The invention relates to the use of intravenous contrast agents for projection mammography and novel devices for carrying out projection mammography. The invention therefore relates to the use of intravenous contrast agents for producing a diagnostic agent for projection mammography. By the additional intravenous administration of a contrast agent, projection mamography attains a sensitivity comparable to the most modern methods, such as magnetic resonance tomography (MRT), while having a wider range of applications and avoiding the cost of MRT. This new method is simple and can be carried out without special impact on patients. It a) considerably improves sensitivity for demonstrating focal lesions in the mammae and b) provides additional information on the character of previously detected lesions.

Description

DEVICE FOR PROJECT MAMOGRAPHY AND METHOD OF USING THIS DEVICE

Technical field

The invention relates to the use of intravenous contrast means for projection mammography as well as novel projection mammography devices.
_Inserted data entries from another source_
//! What one statement answers.
ghost use Rattle.std.specs.Prelude.{◌≡◌, IfOk};

use crate::pairs::Pairs;
use std::alloc::AllocError;

/// What one statement answers.
#[derive(Debug, Drop)]
pub enum Item {
    /// There was no statement.
    Empty,
    /// The row was added.
    Insert,
    /// This many rows have a new value: 0 or 1.
    Update(u64),
    /// This many rows are gone: 0 or 1.
    Delete(u64),
    /// The rows that match, by rising key.
    Rows(Pairs),
    /// The number of rows.
    Count(u64),
    /// The pause was made.
    Slept,
    /// Error: the key has a row already.
    Duplicate { key: i64 },
    /// Error: there are as many rows as there may be.
    TableFull,
    /// Error: the rows would take more bytes than they may.
    RowsTooLarge,
}

impl Item {
    ghost use Rattle.pm_query.specs.Answer.{is_error};

    /// Whether this is an error. It is then the last item of its reply, and nothing is committed.
    pub fn is_error(&self) -> bool
        ensures { result ≡ is_error self.now }
    {
        match self {
            Item::Duplicate { .. } | Item::TableFull | Item::RowsTooLarge => true,
            _ => false,
        }
    }

    /// An equal item. It fails only where memory is short.
    pub fn copy(&self) -> Result<Item, AllocError>
        ensures { IfOk result (λ item. item ≡ self.now) }
    {
        match self {
            Item::Empty => Ok(Item::Empty),
            Item::Insert => Ok(Item::Insert),
            Item::Update(count) => Ok(Item::Update(*count)),
            Item::Delete(count) => Ok(Item::Delete(*count)),
            Item::Rows(pairs) => Ok(Item::Rows(pairs.copy()?)),
            Item::Count(count) => Ok(Item::Count(*count)),
            Item::Slept => Ok(Item::Slept),
            Item::Duplicate { key } => Ok(Item::Duplicate { key: *key }),
            Item::TableFull => Ok(Item::TableFull),
            Item::RowsTooLarge => Ok(Item::RowsTooLarge),
        }
    }
}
BACKGROUND OF THE INVENTION

For decades, mammography has been an established and continuously improved X-ray technique for early recognition, X-ray evidence, breast tumor characterization and location. In many respects, it is inadequate in performance and availability to patients. The biggest disadvantage is the imperfect demonstrable sensitivity to small size tumors and without detectable micro-calculus.

Flynn et al. (Spie, Vol 486, Medical Imaging and Instrumentation 84, (1984), pp. 129-133) discloses a specific technique that allows digital subtraction angiography to be performed using a contrast medium.

DE 44 17 628 discloses a method of alleviating dizziness in subtractive angiography, which allows a particularly good representation of blood vessels in breast disease.

The development of the use of contrast media to improve image formation will be further briefly explained.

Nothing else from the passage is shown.